Legal AI is increasingly capable of producing outputs that look correct, not only linguistically, but also terminologically. Definitions align with established usage, translations follow accepted conventions and explanations reflect familiar legal structures. In cross-border work, this is often where the problem begins rather than ends.
In professional settings, correct terminology is usually taken as a reliable signal of accuracy. When a term is widely used and consistently translated, there is a natural tendency to assume that the underlying meaning travels with it. In law, that is a risky assumption. Legal concepts aren’t defined by their label alone, but also by their purpose, scope, conditions of application and, ultimately, their legal consequences.
Two concepts can align closely at the level of terminology and still diverge materially in practice, particularly across legal systems. One example is the relationship between liquidated damages in common law jurisdictions and contractual penalty clauses in many civil law systems. Translation-based systems will map one term to the other without hesitation, producing a result that reads cleanly and appears professionally sound. Yet in common law jurisdictions, liquidated damages are enforceable only if they represent a genuine pre-estimate of loss, whereas in many civil law systems, penalty clauses are generally enforceable even where they go beyond compensatory loss, subject in some cases to judicial adjustment. In other words, correct terminology is not the same as correct legal meaning, particularly where legal consequences diverge.

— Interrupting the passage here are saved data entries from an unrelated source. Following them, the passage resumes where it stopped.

//! Passes, and reserving room for them.

ghost use Rattle.std.specs.Prelude.{◌≡◌, ◌≤◌, ◌+◌, ℕ, None, length, IfErr, OnOk, OnErr, IsTrue};
ghost use Rattle.fz_model.specs.Memory.{points};
ghost use Rattle.std.specs.FinSet.{contains};
ghost use Rattle.fz_pass.specs.All.{QueuesAll};
ghost use Rattle.fz_pass.specs.Holds.{IsOfKey, IsWhole, no_ephemerons};
ghost use Rattle.fz_pass.specs.Marks.{IsClosed, AreRegistered, AreTargets};
ghost use Rattle.std.specs.FinMap.{empty};
ghost use Rattle.fz_finalizers.specs.Cleanups.{is_due};
ghost use Rattle.fz_finalizers.specs.Follows.{Cleans, Follows, Pass, QueueAll, next_pass};
ghost use Rattle.fz_finalizers.specs.Passed.{CleansAll, DecidesFor, DecidesWholeFor, PassesFor, PassesFound, PassesWhole};
ghost use Rattle.fz_finalizers.specs.States.{AreFlags, HasRooms, IsRoomier, KeepsEntries, KeepsWindow, limited};

use crate::finalizers::Finalizers;
use crate::linking::reserve_moves;
use crate::refused::Refused;
use fz_model::LinkKind;
use fz_pass::{Ephemerons, Host, Nothing, Plain, Values};
use fz_table::MOST_ENTRIES;
use std::mem;

/// What a pass has done.
#[derive(Clone, Copy, Debug, PartialEq, Eq)]
pub struct Passed {
    /// The number of the pass, counted from 1.
    pub pass: u64,
    /// How many entries it queued.
    pub picked: u64,
}

/// This many entries, but at most as many as a table can have.
fn limited(entries: usize) -> usize
    ensures { result ≡ limited entries }
{
    entries.min(MOST_ENTRIES as usize)
}
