//! The finalizers of a host, and their parts.

ghost use Rattle.std.specs.Prelude.{◌≡◌, ◌≤◌, ◌<◌, ◌+◌, false, IfOk, IfErr, OnOk, OnErr};
ghost use Rattle.fz_finalizers.specs.States.{opening};

use crate::cleanups::Cleanups;
use crate::ready::Ready;
use crate::refused::Refused;
use fz_links::Links;
use fz_model::Addr;
use fz_pass::Ephemerons;
use fz_table::{AddressHasher, Table};
use std::alloc::Global;
use std::marker::Model;

/// The finalizers of a host with a heap of its own: registrations, links, ephemerons, cleanups, and the queue of entries.
///
/// Objects, words, procedures and client data are numbers that are only compared and passed back, never dereferenced. Zero is neither an object nor a word.
///
/// Its model is a state, the room that is reserved, and the order of iterators. If several refusals of a call apply, it returns the first in the documented
/// order. A refused call leaves the state unchanged.
///
/// These allocate: `new`, `reserve`, `shrink`, a new registration, a new link, an ephemeron that is new or changes its kind, and a cleanup. Of these `shrink`
/// can't fail. Room is reserved for the entry of each registration and cleanup, for the moves of each link, and for the moves of each ephemeron and a pass over
/// it. So a pass, a take and a move can't run out of memory. A registration or a cleanup without reserved room first reuses the memory of finished entries, and
/// so does a pass, except in finalizers that `whole` made.
pub struct Finalizers {
    pub(crate) table: Table,
    pub(crate) short: Links,
    pub(crate) long: Links,
    pub(crate) ephemerons: Ephemerons,
    pub(crate) cleanups: Cleanups,
    /// Empty, except while a link is moved: a move may put half of the links here temporarily.
    pub(crate) moves: Vec<(Addr, Addr)>,
    pub(crate) ready: Ready,
    pub(crate) passes: u64,
}

// Written by hand, so that the owner drops it by one proved call, not field by field at each exit of a function.
impl Drop for Finalizers {
    fn drop(self) {
        let Finalizers {
            table: _,
            short: _,
            long: _,
            ephemerons: _,
            cleanups: _,
            moves: _,
            ready: _,
            passes: _,
        } = self;
    }
}

impl Model for Finalizers {
    ghost use Rattle.std.specs.Prelude.{◌*◌, vec_capacity};
    ghost use Rattle.fz_finalizers.specs.States.{View, view_code};
    ghost use Rattle.fz_finalizers.specs.Fits.{Fits, HasMoves, state_of, rooms_of, order_of};

    ghost Value = { View };

    ghost coded = { view_code };

    ghost view = { λ f. record {
      state = state_of f.table.content f.short f.long f.ephemerons.ephemerons f.cleanups.cleanups f.ready f.passes;
      rooms = rooms_of f.table f.short f.long f.cleanups f.ready (2 * vec_capacity f.moves);
      order = order_of f.table f.short f.long f.cleanups.order f.ready;
      memory = f.ready.memory;
    } };

    ghost invariant = { λ f. Fits f.table.content f.cleanups.cleanups f.ready × HasMoves f.short f.long f.moves.items (2 * vec_capacity f.moves) };
}

impl Finalizers {
    /// Finalizers without registrations. Fails with `NoMemory` if an allocation fails.
    pub fn new(alloc: Global) -> Result<Finalizers, Refused>
        ensures refused { IfErr result (λ r. r ≡ Refused.NoMemory) }
        ensures opened { IfOk result (λ f. f.state ≡ opening) }
        ensures memory { IfOk result (λ f. f.memory ≡ record { whole = false; forgotten = 0; remembered = 0 }) }
    {
        let hasher = AddressHasher::new();
        Finalizers::with_hashers(alloc, hasher, hasher)
    }

    /// Finalizers without registrations, whose tables hash the addresses of registered objects by `objects`, and those of words by `words`. A hasher for
    /// multiples of 8 makes calls on large tables faster if most addresses are such. Fails with `NoMemory` if an allocation fails.
    pub fn with_hashers(
        alloc: Global,
        objects: AddressHasher,
        words: AddressHasher,
    ) -> Result<Finalizers, Refused>
        ensures refused { IfErr result (λ r. r ≡ Refused.NoMemory) }
        ensures opened { IfOk result (λ f. f.state ≡ opening) }
        ensures memory { IfOk result (λ f. f.memory ≡ record { whole = false; forgotten = 0; remembered = 0 }) }
    {
        let ready = Ready::new(alloc)?;
        Ok(Finalizers {
            table: Table::with_hasher(alloc, objects),
            short: Links::with_hasher(alloc, words),
            long: Links::with_hasher(alloc, words),
            ephemerons: Ephemerons::with_hasher(alloc, words),
            cleanups: Cleanups::new(alloc),
            moves: Vec::new(alloc),
            ready,
            passes: 0,
        })
    }
}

This would be manageable if legal terminology operated in isolation. In practice, however, it doesn’t. For a lawyer, a term carries a set of embedded assumptions about enforceability, remedies, procedural context and interpretation. When a familiar term appears, those assumptions are automatically activated. Readers fill in the gaps without necessarily realising that they are doing so.
This is where the real risk emerges. Wording may be correct but still invite the reader to apply an incorrect legal framework. The problem isn’t simply an imperfect translation. Rather, it is that the output triggers a line of reasoning that doesn’t hold in the target jurisdiction.
Errors of this kind are difficult to detect because texts look credible and precise, and follow patterns lawyers are trained to recognise. Under time pressure, or in routine workflows, it is easy for such output to pass review without deeper scrutiny.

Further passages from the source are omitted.